▶ [TASK DESCRIPTION]
All of the data below is to be written out again exactly.

─── AVAILABLE DATA ───

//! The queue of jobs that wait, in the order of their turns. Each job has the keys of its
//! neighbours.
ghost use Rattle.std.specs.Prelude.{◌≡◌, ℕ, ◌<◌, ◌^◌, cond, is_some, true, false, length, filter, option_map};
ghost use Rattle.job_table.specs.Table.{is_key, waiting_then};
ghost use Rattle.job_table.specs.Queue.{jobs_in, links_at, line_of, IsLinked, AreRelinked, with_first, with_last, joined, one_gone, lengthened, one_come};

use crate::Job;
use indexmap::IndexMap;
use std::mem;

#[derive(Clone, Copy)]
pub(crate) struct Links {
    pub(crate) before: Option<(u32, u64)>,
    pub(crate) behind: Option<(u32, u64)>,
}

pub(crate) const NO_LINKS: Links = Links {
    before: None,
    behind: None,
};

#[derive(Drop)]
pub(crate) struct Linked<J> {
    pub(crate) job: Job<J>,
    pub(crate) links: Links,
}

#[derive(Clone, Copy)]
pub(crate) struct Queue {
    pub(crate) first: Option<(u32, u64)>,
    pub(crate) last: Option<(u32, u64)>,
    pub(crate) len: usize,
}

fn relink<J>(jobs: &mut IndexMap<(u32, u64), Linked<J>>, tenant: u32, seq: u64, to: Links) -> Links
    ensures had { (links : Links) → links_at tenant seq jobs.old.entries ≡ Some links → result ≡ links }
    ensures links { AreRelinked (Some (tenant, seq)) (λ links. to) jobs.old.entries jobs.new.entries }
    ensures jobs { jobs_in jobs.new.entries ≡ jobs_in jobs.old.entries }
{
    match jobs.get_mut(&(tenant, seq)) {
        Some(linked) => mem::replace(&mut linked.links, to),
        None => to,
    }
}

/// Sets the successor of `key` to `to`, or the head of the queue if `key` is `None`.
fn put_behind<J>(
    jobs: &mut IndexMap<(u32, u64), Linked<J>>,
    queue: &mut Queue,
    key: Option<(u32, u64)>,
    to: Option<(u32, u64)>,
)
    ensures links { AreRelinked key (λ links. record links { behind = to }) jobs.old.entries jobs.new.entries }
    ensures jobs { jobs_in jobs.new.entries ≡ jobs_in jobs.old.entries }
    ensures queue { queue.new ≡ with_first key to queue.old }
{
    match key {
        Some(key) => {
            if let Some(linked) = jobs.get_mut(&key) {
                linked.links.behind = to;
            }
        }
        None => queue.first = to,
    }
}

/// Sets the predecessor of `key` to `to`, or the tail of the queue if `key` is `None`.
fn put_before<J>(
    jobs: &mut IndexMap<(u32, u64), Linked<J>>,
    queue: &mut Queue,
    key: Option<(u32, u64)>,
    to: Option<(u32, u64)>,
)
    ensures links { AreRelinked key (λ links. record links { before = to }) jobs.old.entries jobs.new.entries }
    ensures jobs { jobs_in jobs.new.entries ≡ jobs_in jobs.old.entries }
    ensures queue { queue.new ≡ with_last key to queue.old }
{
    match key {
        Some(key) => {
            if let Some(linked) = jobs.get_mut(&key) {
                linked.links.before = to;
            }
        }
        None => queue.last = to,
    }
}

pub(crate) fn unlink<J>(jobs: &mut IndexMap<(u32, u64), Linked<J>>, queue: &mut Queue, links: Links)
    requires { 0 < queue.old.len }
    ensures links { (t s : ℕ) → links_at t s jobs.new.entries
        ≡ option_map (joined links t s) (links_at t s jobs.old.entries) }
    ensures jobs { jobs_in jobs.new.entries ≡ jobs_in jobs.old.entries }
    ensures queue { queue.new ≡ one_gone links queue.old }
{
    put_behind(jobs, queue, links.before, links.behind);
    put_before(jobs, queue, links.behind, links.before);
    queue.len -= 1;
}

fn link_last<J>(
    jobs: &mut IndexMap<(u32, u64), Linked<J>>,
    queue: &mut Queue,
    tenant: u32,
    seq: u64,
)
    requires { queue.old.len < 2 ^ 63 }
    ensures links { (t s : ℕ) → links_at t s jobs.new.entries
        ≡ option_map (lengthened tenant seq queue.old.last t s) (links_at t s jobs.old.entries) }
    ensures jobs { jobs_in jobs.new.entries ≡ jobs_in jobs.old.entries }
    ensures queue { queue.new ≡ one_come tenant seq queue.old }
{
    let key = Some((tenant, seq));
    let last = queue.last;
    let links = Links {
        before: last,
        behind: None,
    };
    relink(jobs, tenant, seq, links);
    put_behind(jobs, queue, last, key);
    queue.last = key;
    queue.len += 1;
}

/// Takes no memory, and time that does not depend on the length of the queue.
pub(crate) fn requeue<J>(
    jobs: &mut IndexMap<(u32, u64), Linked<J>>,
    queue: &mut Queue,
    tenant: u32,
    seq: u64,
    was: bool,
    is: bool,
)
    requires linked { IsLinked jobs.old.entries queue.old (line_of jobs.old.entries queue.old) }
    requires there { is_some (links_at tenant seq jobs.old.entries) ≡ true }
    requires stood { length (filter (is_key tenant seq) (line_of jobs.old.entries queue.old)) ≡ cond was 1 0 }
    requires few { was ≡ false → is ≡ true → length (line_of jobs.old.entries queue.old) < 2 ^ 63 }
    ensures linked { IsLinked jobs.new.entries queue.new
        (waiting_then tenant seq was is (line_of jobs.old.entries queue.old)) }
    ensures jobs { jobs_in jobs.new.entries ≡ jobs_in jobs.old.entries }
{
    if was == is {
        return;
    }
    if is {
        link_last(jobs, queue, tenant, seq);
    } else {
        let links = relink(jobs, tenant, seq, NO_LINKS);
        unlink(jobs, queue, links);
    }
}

───

▶ [SOLUTION FOR THIS EXERCISE]
//! The queue of jobs that wait, in the order of their turns. Each job has the keys of its
//! neighbours.
ghost use Rattle.std.specs.Prelude.{◌≡◌, ℕ, ◌<◌, ◌^◌, cond, is_some, true, false, length, filter, option_map};
ghost use Rattle.job_table.specs.Table.{is_key, waiting_then};
ghost use Rattle.job_table.specs.Queue.{jobs_in, links_at, line_of, IsLinked, AreRelinked, with_first, with_last, joined, one_gone, lengthened, one_come};

use crate::Job;
use indexmap::IndexMap;
use std::mem;

#[derive(Clone, Copy)]
pub(crate) struct Links {
    pub(crate) before: Option<(u32, u64)>,
    pub(crate) behind: Option<(u32, u64)>,
}

pub(crate) const NO_LINKS: Links = Links {
    before: None,
    behind: None,
};

#[derive(Drop)]
pub(crate) struct Linked<J> {
    pub(crate) job: Job<J>,
    pub(crate) links: Links,
}

#[derive(Clone, Copy)]
pub(crate) struct Queue {
    pub(crate) first: Option<(u32, u64)>,
    pub(crate) last: Option<(u32, u64)>,
    pub(crate) len: usize,
}

fn relink<J>(jobs: &mut IndexMap<(u32, u64), Linked<J>>, tenant: u32, seq: u64, to: Links) -> Links
    ensures had { (links : Links) → links_at tenant seq jobs.old.entries ≡ Some links → result ≡ links }
    ensures links { AreRelinked (Some (tenant, seq)) (λ links. to) jobs.old.entries jobs.new.entries }
    ensures jobs { jobs_in jobs.new.entries ≡ jobs_in jobs.old.entries }
{
    match jobs.get_mut(&(tenant, seq)) {
        Some(linked) => mem::replace(&mut linked.links, to),
        None => to,
    }
}

/// Sets the successor of `key` to `to`, or the head of the queue if `key` is `None`.
fn put_behind<J>(
    jobs: &mut IndexMap<(u32, u64), Linked<J>>,
    queue: &mut Queue,
    key: Option<(u32, u64)>,
    to: Option<(u32, u64)>,
)
    ensures links { AreRelinked key (λ links. record links { behind = to }) jobs.old.entries jobs.new.entries }
    ensures jobs { jobs_in jobs.new.entries ≡ jobs_in jobs.old.entries }
    ensures queue { queue.new ≡ with_first key to queue.old }
{
    match key {
        Some(key) => {
            if let Some(linked) = jobs.get_mut(&key) {
                linked.links.behind = to;
            }
        }
        None => queue.first = to,
    }
}

/// Sets the predecessor of `key` to `to`, or the tail of the queue if `key` is `None`.
fn put_before<J>(
    jobs: &mut IndexMap<(u32, u64), Linked<J>>,
    queue: &mut Queue,
    key: Option<(u32, u64)>,
    to: Option<(u32, u64)>,
)
    ensures links { AreRelinked key (λ links. record links { before = to }) jobs.old.entries jobs.new.entries }
    ensures jobs { jobs_in jobs.new.entries ≡ jobs_in jobs.old.entries }
    ensures queue { queue.new ≡ with_last key to queue.old }
{
    match key {
        Some(key) => {
            if let Some(linked) = jobs.get_mut(&key) {
                linked.links.before = to;
            }
        }
        None => queue.last = to,
    }
}

pub(crate) fn unlink<J>(jobs: &mut IndexMap<(u32, u64), Linked<J>>, queue: &mut Queue, links: Links)
    requires { 0 < queue.old.len }
    ensures links { (t s : ℕ) → links_at t s jobs.new.entries
        ≡ option_map (joined links t s) (links_at t s jobs.old.entries) }
    ensures jobs { jobs_in jobs.new.entries ≡ jobs_in jobs.old.entries }
    ensures queue { queue.new ≡ one_gone links queue.old }
{
    put_behind(jobs, queue, links.before, links.behind);
    put_before(jobs, queue, links.behind, links.before);
    queue.len -= 1;
}

fn link_last<J>(
    jobs: &mut IndexMap<(u32, u64), Linked<J>>,
    queue: &mut Queue,
    tenant: u32,
    seq: u64,
)
    requires { queue.old.len < 2 ^ 63 }
    ensures links { (t s : ℕ) → links_at t s jobs.new.entries
        ≡ option_map (lengthened tenant seq queue.old.last t s) (links_at t s jobs.old.entries) }
    ensures jobs { jobs_in jobs.new.entries ≡ jobs_in jobs.old.entries }
    ensures queue { queue.new ≡ one_come tenant seq queue.old }
{
    let key = Some((tenant, seq));
    let last = queue.last;
    let links = Links {
        before: last,
        behind: None,
    };
    relink(jobs, tenant, seq, links);
    put_behind(jobs, queue, last, key);
    queue.last = key;
    queue.len += 1;
}

/// Takes no memory, and time that does not depend on the length of the queue.
pub(crate) fn requeue<J>(
    jobs: &mut IndexMap<(u32, u64), Linked<J>>,
    queue: &mut Queue,
    tenant: u32,
    seq: u64,
    was: bool,
    is: bool,
)
    requires linked { IsLinked jobs.old.entries queue.old (line_of jobs.old.entries queue.old) }
    requires there { is_some (links_at tenant seq jobs.old.entries) ≡ true }
    requires stood { length (filter (is_key tenant seq) (line_of jobs.old.entries queue.old)) ≡ cond was 1 0 }
    requires few { was ≡ false → is ≡ true → length (line_of jobs.old.entries queue.old) < 2 ^ 63 }
    ensures linked { IsLinked jobs.new.entries queue.new
        (waiting_then tenant seq was is (line_of jobs.old.entries queue.old)) }
    ensures jobs { jobs_in jobs.new.entries ≡ jobs_in jobs.old.entries }
{
    if was == is {
        return;
    }
    if is {
        link_last(jobs, queue, tenant, seq);
    } else {
        let links = relink(jobs, tenant, seq, NO_LINKS);
        unlink(jobs, queue, links);
    }
}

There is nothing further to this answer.